For bonding bags I always found the conventional hedgie bag style without a flat bottom worked best but for carrying outside, large flat bottoms were preferred. Hedgie always had lots of bedding and their normal hedgie bag inside so there was no worry about hedgie moving around unless he/she wanted to. When I was selling, I sold both types and many different sizes and shapes depending on the owners preference. 

Also, a flat bottomed bag easily turns into a conventional bag if the stiff bottom is removed.


----------



## alexvdl (Dec 19, 2012)

Reginald likes sleeping on his tummy and doesn't particularly like being on his back or side. If he's being carried in his snuggle sack, he gets pretty miffed if he's not carried like a platter. All of that information led me to believe that Reginald would not like a conventional carry sack. 

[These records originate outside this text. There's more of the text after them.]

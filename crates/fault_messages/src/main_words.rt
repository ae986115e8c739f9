//! The commands and the options that are meant by words of the command line.
ghost use Rattle.std.specs.Prelude.{◌≡◌, option_copied};
ghost use Rattle.std.specs.List.{list_all, list_any};
ghost use Rattle.graph_script.specs.Arguments.{is_dot};
ghost use Rattle.fault_messages.specs.MainWords.{main_near, second_main, main_meant, option_near, option_meant};
ghost use Rattle.fault_messages.specs.MainWords.{wanted, has_value, is_option, has_both, is_path_byte, is_script_path};

use crate::lines::begins;
use crate::name_rules::is_name_byte;
use word_hints::is_near;

/// The most bytes of a path that a command is given with.
const PATH_LIMIT: usize = 200;

// The first command at most `k` letters away.
#[tactic(auto, unfolding(crate::specs::MainWords::main_near))]
fn main_near(k: u32, word: &[u8]) -> Option<&'static [u8]>
    ensures { option_copied result ≡ main_near k word.now }
{
    if is_near(k, word, b"run") {
        Some(b"run".as_slice())
    } else if is_near(k, word, b"dump") {
        Some(b"dump".as_slice())
    } else if is_near(k, word, b"filter") {
        Some(b"filter".as_slice())
    } else if is_near(k, word, b"automate") {
        Some(b"automate".as_slice())
    } else if is_near(k, word, b"check") {
        Some(b"check".as_slice())
    } else if is_near(k, word, b"soak") {
        Some(b"soak".as_slice())
    } else if is_near(k, word, b"groups") {
        Some(b"groups".as_slice())
    } else {
        None
    }
}

// That within two letters, for a word of at least six.
fn second_main(word: &[u8]) -> Option<&'static [u8]>
    ensures { option_copied result ≡ second_main word.now }
{
    if word.len() >= 6 {
        main_near(2, word)
    } else {
        None
    }
}

/// The command that is meant by the first word, if one is near. Takes no memory.
pub fn main_meant(word: &[u8]) -> Option<&'static [u8]>
    ensures { option_copied result ≡ main_meant word.now }
{
    match main_near(1, word) {
        Some(name) => Some(name),
        None => second_main(word),
    }
}

// The first option at most `k` letters away.
#[tactic(auto, unfolding(crate::specs::MainWords::option_near))]
fn option_near(k: u32, word: &[u8]) -> Option<&'static [u8]>
    ensures { option_copied result ≡ option_near k word.now }
{
    if is_near(k, word, b"--loops") {
        Some(b"--loops".as_slice())
    } else if is_near(k, word, b"--ticks") {
        Some(b"--ticks".as_slice())
    } else if is_near(k, word, b"--trace") {
        Some(b"--trace".as_slice())
    } else if is_near(k, word, b"--steal") {
        Some(b"--steal".as_slice())
    } else {
        None
    }
}

/// The option that is meant by a word, if one is near. Takes no memory.
pub fn option_meant(word: &[u8]) -> Option<&'static [u8]>
    ensures { option_copied result ≡ option_meant word.now }
{
    match option_near(1, word) {
        Some(name) => Some(name),
        None => option_near(2, word),
    }
}

/// How many words come after a command other than `run`.
pub fn wanted(name: &[u8]) -> u32
    ensures { result ≡ wanted name.now }
{
    if name == b"filter".as_slice() || name == b"automate".as_slice() {
        3
    } else if name == b"check".as_slice() {
        2
    } else {
        1
    }
}

fn has_value(word: &[u8]) -> bool
    ensures { result ≡ has_value word.now }
{
    word == b"--loops".as_slice() || word == b"--ticks".as_slice()
}

/// Whether the word is an option.
pub fn is_option(word: &[u8]) -> bool
    ensures { result ≡ is_option word.now }
{
    has_value(word) || word == b"--trace".as_slice() || word == b"--steal".as_slice()
}

/// Whether the word is an option with its value.
pub fn has_both(word: &[u8]) -> bool
    ensures { result ≡ has_both word.now }
{
    begins(word, b"--loops=") || begins(word, b"--ticks=")
}

fn has_dot(word: &[u8]) -> bool
    ensures { result ≡ list_any is_dot word.now }
{
    word.iter().any(|b| *b == b'.')
}

fn is_path_byte(b: u8) -> bool
    ensures { result ≡ is_path_byte b }
{
    is_name_byte(b) || matches!(b, b'A'..=b'Z' | b'-'..=b'/')
}

fn all_path_bytes(word: &[u8]) -> bool
    ensures { result ≡ list_all is_path_byte word.now }
{
    word.iter().all(|b| is_path_byte(*b))
}

/// Whether the word may be the path of a script: short, of plain letters, with a dot.
#[tactic(auto, unfolding(crate::specs::MainWords::is_script_path))]
pub fn is_script_path(word: &[u8]) -> bool
    ensures { result ≡ is_script_path word.now }
{
    has_dot(word) && all_path_bytes(word) && word.len() <= PATH_LIMIT && !begins(word, b"-")
}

A passive-aggressive statement about how "obviously the hedgehogs find it quite nice, and they're the ones that matter." doesn't fit Reginald, and insinuates that I'm somehow ignoring his needs/wants. Your hedgehogs may love their carry sacks, and that's okay. But Reginald loves his carry tube and that's okay too. You offer your opinion, I'll offer my opinion, and people can make their own decisions.


----------



## moxieberry (Nov 30, 2011)

There was nothing passive-aggressive in the statement, and I'm sorry you took it as such. I just remember in a past thread that you had mentioned either yourself or (if I remember correctly) your significant other not liking the idea of a carry bag without a flat bottom. There's nothing wrong with using one with a flat bottom, and I find your carry tube to be very inventive and appealing, but I haven't had a single issue with a hedgehog not liking a carry bag that sags at the bottom. That's all I was trying to say - so, again, apologies if you were somehow offended by the comment. I understand that sometimes it's hard to detect tone through text, but I assure you, it was not meant as anything other than pleasant discussion.


----------